REQUIREMENT
Take every line containing "Kept" out of the records.
__________
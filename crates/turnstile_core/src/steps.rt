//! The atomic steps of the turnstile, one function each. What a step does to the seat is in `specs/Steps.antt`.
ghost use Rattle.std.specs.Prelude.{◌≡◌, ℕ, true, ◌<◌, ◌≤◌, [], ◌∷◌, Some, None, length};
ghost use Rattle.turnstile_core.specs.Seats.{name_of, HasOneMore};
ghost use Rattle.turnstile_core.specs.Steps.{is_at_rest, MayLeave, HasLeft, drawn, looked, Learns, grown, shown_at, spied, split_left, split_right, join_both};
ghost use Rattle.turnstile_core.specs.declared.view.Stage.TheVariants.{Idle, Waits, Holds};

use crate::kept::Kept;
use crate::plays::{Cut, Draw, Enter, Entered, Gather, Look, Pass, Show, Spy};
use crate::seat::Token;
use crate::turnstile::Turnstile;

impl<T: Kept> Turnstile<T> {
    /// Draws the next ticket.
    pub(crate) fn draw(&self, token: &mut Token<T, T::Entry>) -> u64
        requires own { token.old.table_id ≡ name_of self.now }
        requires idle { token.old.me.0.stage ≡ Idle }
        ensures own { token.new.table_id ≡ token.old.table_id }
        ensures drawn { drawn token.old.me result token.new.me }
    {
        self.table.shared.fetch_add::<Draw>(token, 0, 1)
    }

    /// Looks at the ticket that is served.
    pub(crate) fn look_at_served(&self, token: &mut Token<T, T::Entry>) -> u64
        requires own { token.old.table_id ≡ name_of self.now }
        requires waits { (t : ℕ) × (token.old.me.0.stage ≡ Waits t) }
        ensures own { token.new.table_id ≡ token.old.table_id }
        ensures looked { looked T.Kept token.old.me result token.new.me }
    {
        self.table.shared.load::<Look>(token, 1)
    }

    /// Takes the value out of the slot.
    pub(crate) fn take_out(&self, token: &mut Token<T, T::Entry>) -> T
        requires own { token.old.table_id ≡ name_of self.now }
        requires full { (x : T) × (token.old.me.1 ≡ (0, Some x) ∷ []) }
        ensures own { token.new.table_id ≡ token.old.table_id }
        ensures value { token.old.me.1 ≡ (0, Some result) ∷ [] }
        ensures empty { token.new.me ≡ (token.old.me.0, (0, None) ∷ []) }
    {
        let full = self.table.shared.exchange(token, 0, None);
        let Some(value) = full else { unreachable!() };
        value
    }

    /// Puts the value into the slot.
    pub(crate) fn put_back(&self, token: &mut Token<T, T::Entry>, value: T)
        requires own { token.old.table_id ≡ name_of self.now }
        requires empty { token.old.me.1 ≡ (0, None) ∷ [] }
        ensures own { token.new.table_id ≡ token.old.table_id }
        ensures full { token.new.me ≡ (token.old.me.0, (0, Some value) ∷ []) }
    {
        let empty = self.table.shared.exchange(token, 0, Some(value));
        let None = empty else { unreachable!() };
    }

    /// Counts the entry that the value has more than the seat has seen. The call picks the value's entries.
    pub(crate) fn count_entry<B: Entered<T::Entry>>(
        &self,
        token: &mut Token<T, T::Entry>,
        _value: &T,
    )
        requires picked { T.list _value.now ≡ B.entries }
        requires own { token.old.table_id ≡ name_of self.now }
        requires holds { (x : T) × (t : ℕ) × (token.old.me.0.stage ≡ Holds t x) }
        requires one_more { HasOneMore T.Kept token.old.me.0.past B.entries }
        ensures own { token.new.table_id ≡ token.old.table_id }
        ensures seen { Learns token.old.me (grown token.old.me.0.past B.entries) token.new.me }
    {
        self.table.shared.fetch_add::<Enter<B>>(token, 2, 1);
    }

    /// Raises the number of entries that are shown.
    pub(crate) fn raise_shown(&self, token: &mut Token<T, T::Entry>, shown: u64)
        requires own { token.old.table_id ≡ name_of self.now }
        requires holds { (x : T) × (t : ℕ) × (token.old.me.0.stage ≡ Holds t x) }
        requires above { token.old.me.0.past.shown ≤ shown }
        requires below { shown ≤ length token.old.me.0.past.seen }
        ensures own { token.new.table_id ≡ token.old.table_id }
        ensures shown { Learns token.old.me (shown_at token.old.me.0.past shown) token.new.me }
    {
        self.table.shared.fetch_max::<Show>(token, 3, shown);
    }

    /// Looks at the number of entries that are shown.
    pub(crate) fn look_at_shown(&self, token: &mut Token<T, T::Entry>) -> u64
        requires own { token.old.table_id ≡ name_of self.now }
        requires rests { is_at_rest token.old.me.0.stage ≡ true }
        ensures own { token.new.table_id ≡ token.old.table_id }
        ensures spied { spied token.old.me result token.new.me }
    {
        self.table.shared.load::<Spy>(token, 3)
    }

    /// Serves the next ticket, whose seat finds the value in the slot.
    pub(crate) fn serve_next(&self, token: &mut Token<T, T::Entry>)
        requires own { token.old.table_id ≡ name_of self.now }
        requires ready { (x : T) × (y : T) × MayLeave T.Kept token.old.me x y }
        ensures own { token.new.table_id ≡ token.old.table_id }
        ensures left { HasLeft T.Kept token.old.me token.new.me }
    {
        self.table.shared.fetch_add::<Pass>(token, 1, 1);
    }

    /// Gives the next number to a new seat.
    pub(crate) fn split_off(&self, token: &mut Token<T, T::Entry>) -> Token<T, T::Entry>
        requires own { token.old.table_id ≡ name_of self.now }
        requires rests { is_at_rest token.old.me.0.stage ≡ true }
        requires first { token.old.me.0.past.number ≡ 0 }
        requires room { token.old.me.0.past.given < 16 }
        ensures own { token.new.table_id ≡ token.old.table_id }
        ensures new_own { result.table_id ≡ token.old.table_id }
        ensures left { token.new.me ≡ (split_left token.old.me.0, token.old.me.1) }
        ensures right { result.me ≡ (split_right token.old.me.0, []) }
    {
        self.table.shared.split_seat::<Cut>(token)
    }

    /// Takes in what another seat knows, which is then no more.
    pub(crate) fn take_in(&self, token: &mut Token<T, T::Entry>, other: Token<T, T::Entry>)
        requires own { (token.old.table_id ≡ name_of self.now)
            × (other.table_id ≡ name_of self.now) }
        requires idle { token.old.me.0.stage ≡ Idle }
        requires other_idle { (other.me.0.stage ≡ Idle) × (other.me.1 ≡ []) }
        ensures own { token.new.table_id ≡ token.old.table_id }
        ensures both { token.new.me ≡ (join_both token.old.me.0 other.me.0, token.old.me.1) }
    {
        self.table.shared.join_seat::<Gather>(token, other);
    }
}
__________
RESPONSE
use crate::kept::Kept;
impl<T: Kept> Turnstile<T> {
        ensures looked { looked T.Kept token.old.me result token.new.me }
        requires one_more { HasOneMore T.Kept token.old.me.0.past B.entries }
        requires ready { (x : T) × (y : T) × MayLeave T.Kept token.old.me x y }
        ensures left { HasLeft T.Kept token.old.me token.new.me }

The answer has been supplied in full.